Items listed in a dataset
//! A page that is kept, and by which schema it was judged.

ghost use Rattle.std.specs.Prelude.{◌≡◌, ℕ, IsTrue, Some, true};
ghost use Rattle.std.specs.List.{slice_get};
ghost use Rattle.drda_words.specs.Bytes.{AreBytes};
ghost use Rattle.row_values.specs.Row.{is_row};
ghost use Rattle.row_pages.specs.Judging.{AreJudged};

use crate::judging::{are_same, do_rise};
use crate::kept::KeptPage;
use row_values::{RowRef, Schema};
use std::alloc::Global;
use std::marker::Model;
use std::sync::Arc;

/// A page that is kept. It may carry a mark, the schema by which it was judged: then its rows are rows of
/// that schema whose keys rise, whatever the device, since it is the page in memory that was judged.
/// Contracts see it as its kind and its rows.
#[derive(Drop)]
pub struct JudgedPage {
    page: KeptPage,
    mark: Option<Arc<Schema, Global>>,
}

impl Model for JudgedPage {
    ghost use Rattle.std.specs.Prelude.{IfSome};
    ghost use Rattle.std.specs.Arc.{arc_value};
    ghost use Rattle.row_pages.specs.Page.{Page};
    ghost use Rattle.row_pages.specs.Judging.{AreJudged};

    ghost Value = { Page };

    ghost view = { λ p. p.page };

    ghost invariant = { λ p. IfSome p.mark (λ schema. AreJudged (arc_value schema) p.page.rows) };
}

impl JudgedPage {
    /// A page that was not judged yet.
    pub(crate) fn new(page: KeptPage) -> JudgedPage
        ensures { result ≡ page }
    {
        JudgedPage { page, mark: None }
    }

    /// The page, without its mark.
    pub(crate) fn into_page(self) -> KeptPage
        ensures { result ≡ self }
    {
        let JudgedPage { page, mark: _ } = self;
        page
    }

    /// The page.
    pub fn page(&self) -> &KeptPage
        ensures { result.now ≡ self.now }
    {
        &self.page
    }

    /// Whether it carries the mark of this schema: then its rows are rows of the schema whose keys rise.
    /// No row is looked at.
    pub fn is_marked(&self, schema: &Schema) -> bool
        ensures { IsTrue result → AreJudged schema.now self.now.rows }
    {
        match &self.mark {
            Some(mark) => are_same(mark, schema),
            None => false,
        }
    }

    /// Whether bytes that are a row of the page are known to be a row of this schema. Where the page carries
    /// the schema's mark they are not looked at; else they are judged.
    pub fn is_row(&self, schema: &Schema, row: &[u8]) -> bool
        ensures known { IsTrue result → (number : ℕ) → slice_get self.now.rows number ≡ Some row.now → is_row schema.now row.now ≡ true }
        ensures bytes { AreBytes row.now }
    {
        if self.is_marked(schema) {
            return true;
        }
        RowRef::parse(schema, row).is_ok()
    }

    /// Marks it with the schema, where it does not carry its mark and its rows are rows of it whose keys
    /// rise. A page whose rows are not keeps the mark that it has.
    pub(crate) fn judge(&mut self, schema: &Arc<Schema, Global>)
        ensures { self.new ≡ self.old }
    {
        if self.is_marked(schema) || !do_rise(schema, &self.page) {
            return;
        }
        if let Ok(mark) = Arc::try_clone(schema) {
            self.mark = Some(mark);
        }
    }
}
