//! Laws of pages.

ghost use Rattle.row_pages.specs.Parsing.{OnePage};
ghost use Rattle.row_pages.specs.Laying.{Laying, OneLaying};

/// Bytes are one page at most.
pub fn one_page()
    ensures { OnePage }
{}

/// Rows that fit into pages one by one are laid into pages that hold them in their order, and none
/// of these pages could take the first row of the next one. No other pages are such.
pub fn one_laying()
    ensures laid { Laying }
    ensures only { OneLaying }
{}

*WORK INSTRUCTION*: Here the output must be the lines above from the line with "λ p. IfSome" to the line with "pub fn is_row(&self, schema: &Schema, row: &[u8])", both included, duplicated word for word and nothing else.

*ANSWER BOX*:
    ghost invariant = { λ p. IfSome p.mark (λ schema. AreJudged (arc_value schema) p.page.rows) };
}

impl JudgedPage {
    /// A page that was not judged yet.
    pub(crate) fn new(page: KeptPage) -> JudgedPage
        ensures { result ≡ page }
    {
        JudgedPage { page, mark: None }
    }

    /// The page, without its mark.
    pub(crate) fn into_page(self) -> KeptPage
        ensures { result ≡ self }
    {
        let JudgedPage { page, mark: _ } = self;
        page
    }

    /// The page.
    pub fn page(&self) -> &KeptPage
        ensures { result.now ≡ self.now }
    {
        &self.page
    }

    /// Whether it carries the mark of this schema: then its rows are rows of the schema whose keys rise.
    /// No row is looked at.
    pub fn is_marked(&self, schema: &Schema) -> bool
        ensures { IsTrue result → AreJudged schema.now self.now.rows }
    {
        match &self.mark {
            Some(mark) => are_same(mark, schema),
            None => false,
        }
    }

    /// Whether bytes that are a row of the page are known to be a row of this schema. Where the page carries
    /// the schema's mark they are not looked at; else they are judged.
    pub fn is_row(&self, schema: &Schema, row: &[u8]) -> bool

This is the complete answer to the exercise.